To avoid downloading a snapshot on restart, add the following flag to the
`agave-validator` command:
```
--no-snapshot-fetch
```
If you use this flag with the `agave-validator` command, make sure that you run
`solana catchup <pubkey>` after your validator starts to make sure that the
validator is catching up in a reasonable time. After some time (potentially a
few hours), if it appears that your validator continues to fall behind, then you
may have to download a new snapshot.
### Downloading Snapshots
If you are starting a validator for the first time, or your validator has fallen
too far behind after a restart, then you may have to download a snapshot.
To download a snapshot, you must **_NOT_** use the `--no-snapshot-fetch` flag.
Without the flag, your validator will automatically download a snapshot from
your known validators that you specified with the `--known-validator` flag.
If one of the known validators is downloading slowly, you can try adding the
`--minimal-snapshot-download-speed` flag to your validator.
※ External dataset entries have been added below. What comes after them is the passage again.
use rp_io::{
    Failed, IntakeFault, MemorySink, MemorySource, QuietSink, QuietSource, Sink, Source, read_whole,
};
use std::process::Abort;

mod buffered;
mod standard;
mod told;

// One read through the trait: what it answers, and the bytes that it gave.
fn expect_read<S: Source>(rt: &impl Abort, source: &mut S, want: Result<&[u8], Failed>) {
    let mut buf = [0u8; 16];
    match (source.read(&mut buf), want) {
        (Ok(count), Ok(bytes)) => assert_eq!(rt; &buf[..count], bytes),
        (got, want) => assert_eq!(rt; got.is_err(), want.is_err()),
    }
}

// One put through the trait.
fn expect_put<S: Sink>(rt: &impl Abort, sink: &mut S, piece: &[u8], want: Result<(), Failed>) {
    assert_eq!(rt; sink.put(piece), want);
}

#[test]
fn memory_source_gives_steps_and_fails_where_listed(rt: HostRuntime) {
    let mut source = MemorySource::new(b"abcdefghijklmnopqrstuvwxy", 10, &[2, 7]);
    for want in [
        Ok(b"abcdefghij".as_slice()),
        Err(Failed),
        Ok(b"klmnopqrst".as_slice()),
        Ok(b"uvwxy".as_slice()),
        Ok(b"".as_slice()),
        Ok(b"".as_slice()),
        Err(Failed),
        Ok(b"".as_slice()),
    ] {
        expect_read(&rt, &mut source, want);
    }
}

#[test]
fn quiet_source_gives_what_the_buffer_holds(rt: HostRuntime) {
    let mut source = QuietSource::new(b"abcdefghijklmnopqr");
    expect_read(&rt, &mut source, Ok(b"abcdefghijklmnop"));
    expect_read(&rt, &mut source, Ok(b"qr"));
    expect_read(&rt, &mut source, Ok(b""));
}

#[test]
fn memory_sink_cuts_listed_puts_and_what_does_not_fit(rt: HostRuntime) {
    let failing = [(3, 3), (3, 9), (6, 9)];
    let mut sink = MemorySink::new(rt.alloc(), 14, &failing).expect(&rt, "no memory");
    for (piece, want, bytes) in [
        (b"one\n".as_slice(), Ok(()), b"one\n".as_slice()),
        (b"two\n", Ok(()), b"one\ntwo\n"),
        (b"= yes\n", Err(Failed), b"one\ntwo\n= y"),
        (b"", Ok(()), b"one\ntwo\n= y"),
        (b"ab", Ok(()), b"one\ntwo\n= yab"),
        (b"c", Err(Failed), b"one\ntwo\n= yabc"),
        (b"", Ok(()), b"one\ntwo\n= yabc"),
        (b"d", Err(Failed), b"one\ntwo\n= yabc"),
    ] {
        expect_put(&rt, &mut sink, piece, want);
        assert_eq!(rt; sink.bytes(), bytes);
    }
}

#[test]
fn quiet_sink_keeps_what_fits_and_goes_on(rt: HostRuntime) {
    let mut sink = QuietSink::new(rt.alloc(), 5).expect(&rt, "no memory");
    for (piece, bytes) in [
        (b"abc".as_slice(), b"abc".as_slice()),
        (b"def", b"abcde"),
        (b"gh", b"abcde"),
    ] {
        expect_put(&rt, &mut sink, piece, Ok(()));
        assert_eq!(rt; sink.bytes(), bytes);
    }
}

#[test]
fn a_source_is_read_whole_up_to_its_limit(rt: HostRuntime) {
    let mut source = MemorySource::new(b"abcdefghij", 4, &[]);
    let whole = read_whole(rt.alloc(), &mut source, 10).expect(&rt, "not read");
    assert_eq!(rt; whole.as_slice(), b"abcdefghij".as_slice());
    let mut failing = MemorySource::new(b"abcdefghij", 4, &[3]);
    let failed = read_whole(rt.alloc(), &mut failing, 10).err();
    assert_eq!(rt; failed, Some(IntakeFault::Failed));
}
This flag will
switch to another known validator if the initial download speed is below the
threshold that you set.
### Manually Downloading Snapshots
In the case that there are network troubles with one or more of your known
validators, then you may have to manually download the snapshot. To manually
download a snapshot from one of your known validators, first, find the IP
address of the validator in using the `solana gossip` command. In the example
below, `5D1fNXzvv5NjV1ysLjirC4WY92RNsVH18vjmcszZd8on` is the pubkey of one of my
known validators:
```
solana gossip | grep 5D1fNXzvv5NjV1ysLjirC4WY92RNsVH18vjmcszZd8on
```
The IP address of the validators is `139.178.68.207` and the open port on this
validator is `80`. You can see the IP address and port in the fifth column in
the gossip output:
```
139.178.68.207 | 5D1fNXzvv5NjV1ysLjirC4WY92RNsVH18vjmcszZd8on | 8001 | 8004 | 139.178.68.207:80 | 1.10.27 | 1425680972
```
Now that the IP and port are known, you can download a full snapshot or an
incremental snapshot:
```
wget --trust-server-names http://139.178.68.207:80/snapshot.tar.bz2
wget --trust-server-names http://139.178.68.207:80/incremental-snapshot.tar.bz2
```
Now move those files into your snapshot directory. If you have not specified a
snapshot directory, then you should put the files in your ledger directory.
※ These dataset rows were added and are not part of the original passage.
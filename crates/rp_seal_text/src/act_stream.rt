//! Streams of acts, read.
ghost use Rattle.std.specs.Prelude.{◌≡◌, ◌<◌, ◌^◌, ◌++◌, All, List, flat_map, length, map, IfOk, IfSome, IsSomeAnd};
ghost use Rattle.rp_seal.specs.Act.{ActEntry, entry_of};
ghost use Rattle.rp_seal_text.specs.ActStream.{acts_text};
ghost use Rattle.rp_seal_text.specs.ActText.{IsActText, act_text, end_line};

use crate::acts::{ACTS_MARK, read_act, read_end};
use crate::fields::take_prefix;
use rp_seal::SealedAct;
use std::alloc::{AllocError, Global};

/// Returns the acts of a stream if `text` is what follows the stream's mark, and nothing else.
///
/// # Errors
///
/// `AllocError` if there is no memory for the acts.
fn take_acts(alloc: Global, text: &[u8]) -> Result<Option<Vec<SealedAct<'_>>>, AllocError>
    ensures found { IfOk result (λ found. IfSome found (λ acts. let log = map entry_of acts.items in
        text.now ≡ flat_map act_text log ++ end_line (length log))) }
    ensures each { (log : List ActEntry) → All IsActText log → length log < 2 ^ 64 → text.now ≡ flat_map act_text log ++ end_line (length log)
        → IfOk result (λ found. IsSomeAnd found (λ acts. map entry_of acts.items ≡ log)) }
    ensures valid { IfOk result (λ found. IfSome found (λ acts. All IsActText (map entry_of acts.items))) }
{
    let mut acts = Vec::new(alloc);
    let mut rest = text;
    while let Some((act, more)) = read_act(rest) {
        acts.push(act)?;
        rest = more;
    }
    let Some(count) = read_end(rest) else {
        return Ok(None);
    };
    if count == acts.len() as u64 {
        Ok(Some(acts))
    } else {
        Ok(None)
    }
}

/// Returns the acts of the stream whose text is `text`. `None` unless `text` is the text of a stream of acts, and
/// nothing else.
///
/// # Errors
///
/// `AllocError` if there is no memory for the acts.
pub fn read_acts(alloc: Global, text: &[u8]) -> Result<Option<Vec<SealedAct<'_>>>, AllocError>
    ensures found { IfOk result (λ found. IfSome found (λ acts. text.now ≡ acts_text (map entry_of acts.items))) }
    ensures each { (log : List ActEntry) → All IsActText log → length log < 2 ^ 64 → text.now ≡ acts_text log
        → IfOk result (λ found. IsSomeAnd found (λ acts. map entry_of acts.items ≡ log)) }
    ensures valid { IfOk result (λ found. IfSome found (λ acts. All IsActText (map entry_of acts.items))) }
{
    let Some(rest) = take_prefix(ACTS_MARK, text) else {
        return Ok(None);
    };
    take_acts(alloc, rest)
}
Once you have a local snapshot, you can restart your validator with the
`--no-snapshot-fetch` flag.
## Regularly Check Account Balances
It is important that you do not accidentally run out of funds in your identity
account, as your node will stop voting. It is also important to note that this
account keypair is the most vulnerable of the three keypairs in a vote account
because the keypair for the identity account is stored on your validator when
running the `agave-validator` software. How much SOL you should store there is
up to you. As a best practice, make sure to check the account regularly and
refill or deduct from it as needed. To check the account balance do:
```
solana balance validator-keypair.json
```
> **Note** `agave-watchtower` can monitor for a minimum validator identity
> balance. See [monitoring best practices](./monitoring.md) for details.
## Withdrawing From The Vote Account
As a reminder, your withdrawer's keypair should **_NEVER_** be stored on your
server. It should be stored on a hardware wallet, paper wallet, or multisig
mitigates the risk of hacking and theft of funds.
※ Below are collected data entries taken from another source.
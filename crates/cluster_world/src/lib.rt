//! A world of several nodes, as definitions and laws: no code runs here. The nodes stand on whole logs, messages are in
//! flight between them, and whatever is delivered, lost, repeated, stopped or started, nobody ever sees two histories. The
//! events are those of the step that the running core's contract cites; until hosts run them, no running cluster is meant.
#![tactic(auto)]

ghost use Rattle.std.specs.Prelude.{◌≡◌, ℕ, false, List, [], ◌∷◌};
ghost use Rattle.raft_types.specs.declared.state.Role.TheVariants.{Leader};
ghost use Rattle.raft_spine.specs.Start.{Start};
ghost use Rattle.cluster_world.specs.World.{Machine, node_at, begin_world};
ghost use Rattle.cluster_world.specs.Events.{Event, run};
ghost use Rattle.cluster_world.specs.Runs.{
  three,
  counter,
  elected_world,
  decided_world,
  restarted_world,
  divided_world,
  overruled_world,
  installed_world,
  of_term,
  taken_at,
  AllApplied,
};
ghost use Rattle.cluster_world.specs.Facts.{IsFit, NoTwoLead, LedOnce, TakesDiffer, WholeLogsMatch, OneHistory, HistoryIsLonger, HistoryComesFrom, LeadersHave, StandsForWhole};

/// The facts of every world that a list of events makes of nodes that begin with one and the same store (Raft, section 5:
/// election safety, log matching, state machine safety, leader completeness).
pub fn world_facts()
    ensures one_leader { (b : Start) (m : Machine) (count : ℕ) (es : List Event) → IsFit b m → NoTwoLead b (run b m (begin_world b count) es) }
    ensures led_once { (b : Start) (m : Machine) (count : ℕ) → IsFit b m → LedOnce b m (begin_world b count) }
    ensures logs_match { (b : Start) (m : Machine) (count : ℕ) (es : List Event) → IsFit b m → WholeLogsMatch b (run b m (begin_world b count) es) }
    ensures one_history { (b : Start) (m : Machine) (count : ℕ) (es : List Event) → IsFit b m → OneHistory b (run b m (begin_world b count) es) }
    ensures history_is_longer { (b : Start) (m : Machine) (count : ℕ) (es : List Event) → IsFit b m → HistoryIsLonger b (run b m (begin_world b count) es) }
    ensures stands_for_whole { (b : Start) (m : Machine) (count : ℕ) (es : List Event) → IsFit b m → StandsForWhole b m (run b m (begin_world b count) es) }
    ensures takes_differ { (b : Start) (m : Machine) (count : ℕ) (es : List Event) → IsFit b m → TakesDiffer (run b m (begin_world b count) es) }
    ensures comes_from { (b : Start) (m : Machine) (count : ℕ) (es : List Event) → IsFit b m → HistoryComesFrom b (run b m (begin_world b count) es) }
    ensures leaders_have { (b : Start) (m : Machine) (count : ℕ) (es : List Event) → IsFit b m → LeadersHave b (run b m (begin_world b count) es) }
{}

/// A run of three nodes, computed, in which each kind of event comes at least once: an election with a lost vote, a command that
/// is decided while a node stops inside its append, a restart, a command that is lost to a new leader, and a snapshot that is sent
/// and installed.
pub fn world_runs()
    ensures fit { IsFit three counter }
    ensures elected { ((node_at three elected_world 1).role ≡ Leader) × ((node_at three elected_world 1).term ≡ 1) }
    ensures decided { (decided_world.placed ≡ 1) × (decided_world.history ≡ of_term 1 7 ∷ []) }
    ensures stopped { ((node_at three decided_world 3).up ≡ false) × ((node_at three decided_world 3).term ≡ 1) }
    ensures restarted { AllApplied restarted_world (of_term 1 7 ∷ []) }
    ensures divided { ((node_at three divided_world 1).role ≡ Leader) × ((node_at three divided_world 2).role ≡ Leader) }
    ensures overruled { (node_at three overruled_world 1).whole ≡ of_term 1 7 ∷ of_term 2 9 ∷ [] }
    ensures taken { installed_world.takes ≡ taken_at 3 2 5 ∷ taken_at 2 1 8 ∷ taken_at 1 1 7 ∷ [] }
    ensures fired { installed_world.fires ≡ taken_at 2 2 9 ∷ [] }
    ensures installed { ((node_at three installed_world 1).base ≡ 3) × AllApplied installed_world (of_term 1 7 ∷ of_term 2 9 ∷ of_term 2 5 ∷ []) }
    ensures history { installed_world.history ≡ of_term 1 7 ∷ of_term 2 9 ∷ of_term 2 5 ∷ [] }
{}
To withdraw your funds from your vote account, you will need to run
`solana withdraw-from-vote-account` on a trusted computer. For example, on a
trusted computer, you could withdraw all of the funds from your vote account
(excluding the rent exempt minimum). The below example assumes you have a
separate keypair to store your funds called `person-keypair.json`
```
solana withdraw-from-vote-account \
vote-account-keypair.json \
person-keypair.json ALL \
--authorized-withdrawer authorized-withdrawer-keypair.json
```
To get more information on the command, use
`solana withdraw-from-vote-account --help`.
For a more detailed explanation of the different keypairs and other related
operations refer to
[vote account management](../guides/vote-accounts.md).